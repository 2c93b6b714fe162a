//! What a type takes in memory, where it is not too large.

ghost use Rattle.std.specs.Prelude.{◌≡◌, ◌≢◌, ◌^◌, ◌<◌, ◌≤◌};
ghost use Rattle.wit_layout.specs.Extent.{extent, fixed_extent};
ghost use Rattle.wit_layout.specs.inside.Grain.{exponent};
ghost use Rattle.wit_layout.specs.Sizes.{pointer_and_length};
ghost use Rattle.wit_layout.specs.inside.Spread.{bytes_of, IsSize};
ghost use Rattle.wit_model.specs.Size.{bytes_at};

use crate::grain::Grain;
use crate::spread::Spread;
use wit_model::ArchitectureSize;

/// The least number of bytes where pointers have 8 that is too large for a stored type: 2^31.
pub(crate) const TOO_LARGE: u64 = 0x8000_0000;

/// What a type takes in memory. It has at most 2^31 - 1 bytes, and where it holds a pointer it is aligned to 4 bytes at
/// least.
#[derive(Clone, Copy, Debug)]
pub(crate) struct StoredExtent {
    pub(crate) size: ArchitectureSize,
    pub(crate) grain: Grain,
    ghost padded: { exponent 2 grain < 2 → size.pointers ≡ 0 },
    ghost bounded: { bytes_at size 8 < 2 ^ 31 },
}

impl StoredExtent {
    ghost use Rattle.wit_layout.specs.inside.Stored.{seen, IsStored};

    /// A number of bytes, aligned to as many.
    pub(crate) fn number(bytes: u64, grain: Grain) -> StoredExtent
        requires { bytes < 2 ^ 31 }
        ensures four { seen 2 result ≡ extent (exponent 2 grain) bytes }
        ensures eight { seen 3 result ≡ extent (exponent 3 grain) bytes }
    {
        StoredExtent {
            size: ArchitectureSize { bytes, pointers: 0 },
            grain,
        }
    }

    /// A pointer and a length.
    pub(crate) fn pointer_and_length() -> StoredExtent
        ensures four { seen 2 result ≡ pointer_and_length 2 }
        ensures eight { seen 3 result ≡ pointer_and_length 3 }
    {
        StoredExtent {
            size: ArchitectureSize {
                bytes: 0,
                pointers: 2,
            },
            grain: Grain::Pointer,
        }
    }

    /// So many bytes with an alignment, if they can be stored.
    pub(crate) fn new(bytes: Spread, grain: Grain) -> Option<StoredExtent>
        requires size { IsSize bytes }
        requires padded { exponent 2 grain < 2 → bytes.at4 ≡ bytes.at8 }
        ensures { IsStored result (λ w. extent (exponent w grain) (bytes_of w bytes)) }
    {
        if bytes.at8 >= TOO_LARGE {
            return None;
        }
        Some(StoredExtent {
            size: bytes.size(),
            grain,
        })
    }

    /// The bytes at both widths.
    pub(crate) fn bytes(&self) -> Spread
        ensures four { result.at4 ≡ (seen 2 self.now).bytes }
        ensures eight { result.at8 ≡ (seen 3 self.now).bytes }
        ensures size { IsSize result }
    {
        Spread {
            at4: self.size.at(4),
            at8: self.size.at(8),
        }
    }

    /// So many elements one after another, if they can be stored.
    pub(crate) fn repeated(&self, n: u32) -> Option<StoredExtent>
        ensures { IsStored result (λ w. fixed_extent (seen w self.now) n) }
    {
        let n = u64::from(n);
        let bytes = Spread {
            at4: n * self.size.at(4),
            at8: n * self.size.at(8),
        };
        StoredExtent::new(bytes, self.grain)
    }
}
= = = =
**WHAT IS REQUIRED**. Among the lines above, find those holding "they" and copy each one.

**ANSWER TO THE EXERCISE**.
    /// So many bytes with an alignment, if they can be stored.
    /// So many elements one after another, if they can be stored.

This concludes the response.